In vs. 8-9 there are laws relating to leprosy. Look at this mention of leprosy in context with the other scriptures and the mention of Miriam. Miriam contracted leprosy because she reviled Moses and tried to use his position and influence as a means to advance her own authority. The implied warning here is that making merchandise of others brings retribution and judgment down upon ourselves in exactly the opposite vein. Lepers were outcasts. They lived lonely, devastating lives. Are we social lepers because we have sought to live lives justifying our oppression of others, making merchandise, and using others without being servant leaders walking in sacrificial love?
In vs. 10-13, there is a warning about abusing others in our lives who cannot defend themselves. God told Abraham He would bless those that blessed him and curse those that curse him. God will execrate from your life those that even trifle with you. What if the person who is working against you is another believer (another inheritor of the blessing of Abraham)? Even though you are an inheritor of the favor and blessing of Abraham – if you choose to become an oppressor of others, you are disinheriting yourself and UNNECESSARILY alienating yourself from the favor and blessing of God that would otherwise overshadow your life. We should audit our relationships and, if these conditions exist, make the adjustments because the cost is simply too great.

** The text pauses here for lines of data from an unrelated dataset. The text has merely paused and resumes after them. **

ghost use Rattle.std.specs.Prelude.{◌≡◌, IfOk, IfSome};
ghost use Rattle.std.specs.Str.{IsUtf8};
ghost use Rattle.st_base.specs.Texts.{IsKeptText, bytes_of};

use crate::bytes::{Bytes, Text};
use crate::copied::Copied;
use crate::errors::WantOfMemory;
use crate::pointers::Shared;
use std::alloc::Global;
use std::marker::Model;

/// A text in compact form: part of a file in memory if the file has it, else by itself. Contracts
/// see its bytes, which are UTF-8.
#[derive(Drop)]
pub struct KeptText {
    form: KeptForm,
}

// The stored form: the text itself, or its place in a file.
#[derive(Drop)]
pub(crate) enum KeptForm {
    Own(Text),
    Within(Part),
}

impl Model for KeptText {
    ghost use Rattle.std.specs.Prelude.{List, ℕ};
    ghost use Rattle.st_base.specs.Texts.{IsKeptText, bytes_of};

    ghost Value = { List ℕ };

    ghost view = { λ kept. bytes_of kept.form };

    ghost invariant = { λ kept. IsKeptText kept.form };
}

impl KeptText {
    /// This text, stored by itself.
    pub fn new(text: Text) -> KeptText
        ensures { result ≡ text }
    {
        KeptText {
            form: KeptForm::Own(text),
        }
    }

    /// This text. If the file has it at this offset, in bytes, it is shared with the file;
    /// otherwise, also for an offset beyond the file's end, a copy is stored by itself.
    pub fn within(
        alloc: Global,
        text: &str,
        file: &Shared<Bytes>,
        at: usize,
    ) -> Result<KeptText, WantOfMemory>
        ensures { IfOk result (λ kept. kept ≡ text.now) }
    {
        let form = form_of(alloc, text, file, at)?;
        Ok(KeptText { form })
    }

    /// Its bytes.
    pub fn as_slice(&self) -> &[u8]
        ensures bytes { result.now ≡ self.now }
        ensures utf8 { IsUtf8 self.now }
    {
        bytes_of(&self.form)
    }

    /// The text. If it is shared, this checks all of its bytes.
    pub fn as_str(&self) -> &str
        ensures { result.now ≡ self.now }
    {
        text_of(&self.form)
    }
}

impl Copied for KeptText {
    /// An equal text, which shares the same file, if any.
    fn copy(&self, alloc: Global) -> Result<KeptText, WantOfMemory> {
        let form = copy_form(alloc, &self.form)?;
        Ok(KeptText { form })
    }
}

fn form_of(
    alloc: Global,
    text: &str,
    file: &Shared<Bytes>,
    at: usize,
) -> Result<KeptForm, WantOfMemory>
    ensures value { IfOk result (λ form. bytes_of form ≡ text.now) }
    ensures utf8 { IfOk result IsKeptText }
{
    match Part::find(alloc, file, at, text.as_bytes())? {
        Some(part) => Ok(KeptForm::Within(part)),
        None => Ok(KeptForm::Own(Text::from_text(alloc, text)?)),
    }
}

fn bytes_of(form: &KeptForm) -> &[u8]
    requires { IsKeptText form.now }
    ensures bytes { result.now ≡ bytes_of form.now }
    ensures utf8 { IsUtf8 result.now }
{
    match form {
        KeptForm::Own(text) => text.as_str().as_bytes(),
        KeptForm::Within(part) => part.as_slice(),
    }
}

fn copy_form(alloc: Global, form: &KeptForm) -> Result<KeptForm, WantOfMemory>
    requires { IsKeptText form.now }
    ensures value { IfOk result (λ copied. bytes_of copied ≡ bytes_of form.now) }
    ensures utf8 { IfOk result IsKeptText }
{
    match form {
        KeptForm::Own(text) => Ok(KeptForm::Own(text.copy(alloc)?)),
        KeptForm::Within(part) => Ok(KeptForm::Within(part.copy(alloc)?)),
    }
}

fn text_of(form: &KeptForm) -> &str
    requires { IsKeptText form.now }
    ensures { result.now ≡ bytes_of form.now }
{
    match form {
        KeptForm::Own(text) => text.as_str(),
        KeptForm::Within(part) => decoded(part.as_slice()),
    }
}

// Bytes in UTF-8 as a text.
fn decoded(bytes: &[u8]) -> &str
    requires { IsUtf8 bytes.now }
    ensures { result.now ≡ bytes.now }
{
    match simdutf8::basic::from_utf8(bytes) {
        Ok(text) => text,
        Err(_) => unreachable!(),
    }
}

/// A part of a file, which shares the file with others. Contracts see its bytes.
#[derive(Drop)]
pub struct Part {
    file: Shared<Bytes>,
    from: usize,
    to: usize,
}

impl Model for Part {
    ghost use Rattle.std.specs.Prelude.{◌≤◌, ℕ, List, length, slice_range};

    ghost Value = { List ℕ };

    ghost view = { λ part. slice_range part.file part.from part.to };

    ghost invariant = { λ part. (part.from ≤ part.to) × (part.to ≤ length part.file) };
}

impl Part {
    /// The part of the file at this offset, in bytes, if that is this text.
    pub fn find(
        alloc: Global,
        file: &Shared<Bytes>,
        from: usize,
        text: &[u8],
    ) -> Result<Option<Part>, WantOfMemory>
        ensures { IfOk result (λ found. IfSome found (λ part. part ≡ text.now)) }
    {
        let bytes = file.get().as_slice();
        if from > bytes.len() || text.len() > bytes.len() - from {
            return Ok(None);
        }
        let to = from + text.len();
        if &bytes[from..to] != text {
            return Ok(None);
        }
        Ok(Some(Part {
            file: file.copy(alloc)?,
            from,
            to,
        }))
    }

    /// Its bytes.
    pub fn as_slice(&self) -> &[u8]
        ensures { result.now ≡ self.now }
    {
        &self.file.get().as_slice()[self.from..self.to]
    }
}

impl Copied for Part {
    /// Another reference to the same file.
    fn copy(&self, alloc: Global) -> Result<Part, WantOfMemory> {
        Ok(Part {
            file: self.file.copy(alloc)?,
            from: self.from,
            to: self.to,
        })
    }
}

In vs. 16 through the end of the chapter, we see that in family relationships, there are times that a family member will justify the suffering of other members of the family because of the familial connection. In other words, so as to say, “yes, I am difficult to live with – but you are my family member; therefore it is God’s will for you to suffer (sometimes adding “if you consider yourself a Christian”). God does not hold family members hostage to the overbearing, unrepentant, and reprobate condition of the hearts of other family members. You are not obligated to suffer in silence. Many family members carry this type of suffering as though it was God’s will and their cross to bear. This makes them often, in their eyes, a pitiable self-justified victim that only immerses them in religious pride. The deeper tragedy is that while they lick their wounds, the offending family member, spouse, etc., pays for it with their eternal soul.

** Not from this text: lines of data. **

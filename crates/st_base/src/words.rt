ghost use Rattle.std.specs.Fmt.{decimal};
ghost use Rattle.std.specs.Option.{option_copied};
ghost use Rattle.std.specs.Prelude.{◌≡◌, IfNone, ◌<◌, ◌==◌, ◌++◌, ◌∷◌, length, position, option_map, IfSome, ◌≢◌, ◌≤◌, ◌^◌, ◌↔◌, ℕ, Some, IsTrue, IfOk, OnOk, codes};
ghost use Rattle.st_base.specs.Texts.{reply, first_word, other_words, HasNo, cut_at, number_of};

use crate::bytes::Bytes;
use crate::errors::WantOfMemory;
use itoa::Buffer;
use memchr::memchr;
use std::alloc::Global;

/// The bytes before the first separator, or all of the text, and the bytes after the separator, if
/// any.
pub fn cut_word(text: &[u8], separator: u8) -> (&[u8], Option<&[u8]>)
    ensures first { result.0.now ≡ first_word separator text.now }
    ensures others { option_copied result.1 ≡ other_words separator text.now }
    ensures whole { IfNone result.1 (result.0.now ≡ text.now) }
{
    match cut_at(text, separator) {
        Some((word, others)) => (word, Some(others)),
        None => (text, None),
    }
}

/// The bytes before the first separator, and all bytes after it; `None` if and only if there is no
/// separator.
pub fn cut_at(text: &[u8], separator: u8) -> Option<(&[u8], &[u8])>
    ensures value { option_map (λ cut. (cut.0.now, cut.1.now)) result ≡ cut_at separator text.now }
    ensures whole { IfSome result (λ cut. text.now ≡ cut.0.now ++ separator ∷ cut.1.now) }
    ensures first { IfSome result (λ cut. HasNo separator cut.0.now) }
    ensures none { IfNone result (HasNo separator text.now) }
{
    match index_of(text, separator) {
        Some(at) => Some((&text[..at], &text[at + 1..])),
        None => None,
    }
}

fn index_of(text: &[u8], separator: u8) -> Option<usize>
    ensures first { result ≡ position (λ byte. byte == separator) text.now }
    ensures within { IfSome result (λ at. at < length text.now) }
{
    memchr(separator, text)
}

/// The number with this decimal text, if it is at most `most`.
///
/// `None` if and only if there is no such number: a sign, a leading zero except in `0` itself, and
/// any byte that is not a digit are refused.
pub fn read_number(text: &[u8], most: u32) -> Option<u32>
    ensures value { result ≡ number_of most text.now }
    ensures spelled { IfSome result (λ number. (number ≤ most) × (text.now ≡ decimal number)) }
    ensures no_spelling { IfNone result ((number : ℕ) → number ≤ most → text.now ≢ decimal number) }
{
    let Some(number) = parse(text) else {
        return None;
    };
    if number > most {
        return None;
    }
    if is_spelling(text, number) {
        Some(number)
    } else {
        None
    }
}

// The number, by a parser that also accepts other decimal spellings.
fn parse(text: &[u8]) -> Option<u32>
    ensures { (number : ℕ) → number < 2 ^ 32 → text.now ≡ decimal number → result ≡ Some number }
{
    match str::from_utf8(text) {
        Ok(text) => match text.parse() {
            Ok(number) => Some(number),
            Err(_) => None,
        },
        Err(_) => None,
    }
}

fn is_spelling(text: &[u8], number: u32) -> bool
    ensures { IsTrue result ↔ (text.now ≡ decimal number) }
{
    Buffer::new().format(number).as_bytes() == text
}

/// A reply: a word, the rest, and the line end. It is allocated once.
pub fn reply(alloc: Global, word: &str, rest: &[u8]) -> Result<Bytes, WantOfMemory>
    ensures { IfOk result (λ text. text ≡ reply word.now rest.now) }
{
    let length = word.len().saturating_add(rest.len()).saturating_add(1);
    let mut text = Vec::with_capacity(alloc, length)?;
    text.extend_from_slice(word.as_bytes())?;
    text.extend_from_slice(rest)?;
    text.push(b'\n')?;
    Ok(Bytes::from_vec(text))
}

/// Appends a space and the word to the text. If it runs out of memory, the text may end with the
/// space.
pub fn push_word(text: &mut Vec<u8>, word: &[u8]) -> Result<(), WantOfMemory>
    ensures { OnOk result (text.new.items ≡ text.old.items ++ (codes " " ++ word.now)) }
{
    text.push(b' ')?;
    text.extend_from_slice(word)?;
    Ok(())
}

We need to learn to be confronters and to say “that will be enough of that” even when the cost is great. If you won’t do it for yourself to it for the sake of your backslidden and rebellious family member whose life and eternity may be forfeit because they refuse to be confronted. Jesus said He didn’t come to bring peace among families but a sword. The sword is that of the word of God. In so doing, we make it possible for our wayward family members to find repentance and recover their proper relationship with God.